PTR-PPO Algorithm Design
The architecture of PTR-PPO maintains a learner-actor structure, where multiple environments are simulated in parallel. Each trajectory's priority is calculated and stored in a priority memory using a sumtree. Trajectories are then sampled based on their calculated priorities to train the PPO loss function more effectively. Importantly, PTR-PPO introduces truncated importance weights to mitigate the high variance often seen in multistep experience settings. This truncation ensures learning stability by bounding importance weights, maintaining the balance between bias and variance.
Figure 2: PTR-PPO Algorithm Architecture. The architecture uses a learner-actor design for improved training efficiency.
Experimental Results
The PTR-PPO algorithm was tested against established algorithms like PPO and ACER on a suite of Atari games, showcasing superior performance, particularly in environments with reward sparsity. In five out of the six environments tested, PTR-PPO demonstrated a clear advantage over the baseline methods in terms of final score. The results emphasized the efficacy of prioritized trajectory replay in improving sample efficiency and overall learning outcomes.





Figure 3: Comparison of scores of different algorithms on 6 tasks. PTR-PPO significantly outperforms PPO and ACER in five environments.
In terms of computational efficiency, the time analysis revealed that PTR-PPO's wall-clock-time efficiency is similar to PPO and superior to ACER. This efficiency is largely due to PTR-PPO's streamlined trajectory sampling and learning approach, which avoids the extensive processing times associated with other methods.
Figure 4: Algorithm comparison in terms of time efficiency on the Atlantis-v0 benchmark.

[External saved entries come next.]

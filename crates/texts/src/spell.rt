// What expressions and statements begin with, as docs/KERNELS.md lists them. These are not the heads of `rows`: a page asks which
// words a part begins with and what stands in its place where there is no room, so those with parts and those without are two types.
ghost use Rattle.std.specs.Prelude.{◌≡◌, ◌∷◌, option_to_list};
ghost use Rattle.texts.specs.Spelled.{leaf_row, head_row, parts_in, instead_of};

use model::{Change, Op};

/// An expression or a statement with no part in it.
#[derive(Clone, Copy, Debug, PartialEq)]
pub enum Leaf {
    Number(u32),
    Variable(u32),
    Me,
    All,
    Nothing,
    Wait,
}

/// What an expression or a statement with parts in it begins with.
#[derive(Clone, Copy, Debug, PartialEq)]
pub enum Head {
    /// Both operands are to follow.
    Operation(Op),
    /// One statement after the other; both are to follow.
    Two,
    /// Sets a variable; its value is to follow.
    Set(u32),
    /// Reads to a variable; the place is to follow.
    Read(u32),
    /// Changes a word; the place and the value are to follow.
    Update(Change),
    /// The test and both statements are to follow.
    If,
    /// A loop; the test and the body are to follow.
    While,
}

/// The words of a leaf, or those with which a head begins: one, or two.
pub type Words = (u32, Option<u32>);

impl Leaf {
    pub fn words(self) -> Words
        ensures { result.0 ∷ option_to_list result.1 ≡ leaf_row self }
    {
        match self {
            Leaf::Number(n) => (0, Some(n)),
            Leaf::Variable(x) => (1, Some(x)),
            Leaf::Me => (2, None),
            Leaf::All => (3, None),
            Leaf::Nothing => (0, None),
            Leaf::Wait => (8, None),
        }
    }
}

impl Head {
    pub fn words(self) -> Words
        ensures { result.0 ∷ option_to_list result.1 ≡ head_row self }
    {
        match self {
            Head::Operation(op) => (4, Some(u32::from(op))),
            Head::Two => (1, None),
            Head::Set(x) => (2, Some(x)),
            Head::Read(x) => (3, Some(x)),
            Head::Update(Change::Write) => (4, None),
            Head::Update(Change::Add) => (5, None),
            Head::If => (6, None),
            Head::While => (7, None),
        }
    }

    /// How many parts are in it.
    pub fn parts(self) -> u8
        ensures { result ≡ parts_in self }
    {
        match self {
            Head::Set(_) | Head::Read(_) => 1,
            Head::If => 3,
            _ => 2,
        }
    }

    /// What stands in its place where a page has no room for it.
    pub fn instead(self) -> Leaf
        ensures { result ≡ instead_of self }
    {
        match self {
            Head::Operation(_) => Leaf::Me,
            _ => Leaf::Nothing,
        }
    }
}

Implementation Considerations
Computational Requirements
The PTR-PPO algorithm requires a computational setup capable of supporting extensive parallel environment simulations due to its learner-actor architecture. Efficient memory management is critical, particularly for maintaining the priority memory where large amounts of trajectory data and their respective priorities are stored and updated.
Hyperparameters
Key hyperparameters include:
- Priority memory size: A balance is essential here; too small a memory could limit exposure to diverse trajectories, while too large may dilute the impact of recent high-priority trajectories.
- Trajectory rollout length: Impacts the stability and accuracy of GAE calculations. The paper finds 8-step rollouts typically optimal, balancing bias-variance trade-offs effectively.
Conclusion
PTR-PPO represents a significant optimization of the PPO framework, bringing enhanced efficiency through prioritized trajectory replay. This method stands to improve the learning pace and performance in various challenging RL environments, as demonstrated in Atari benchmarks. Future directions might explore dynamic adaptions of priority metrics to further optimize learning trajectories as training progresses. The integration with adaptive trajectory management systems holds potential for further enhancing sample efficiency in DRL applications.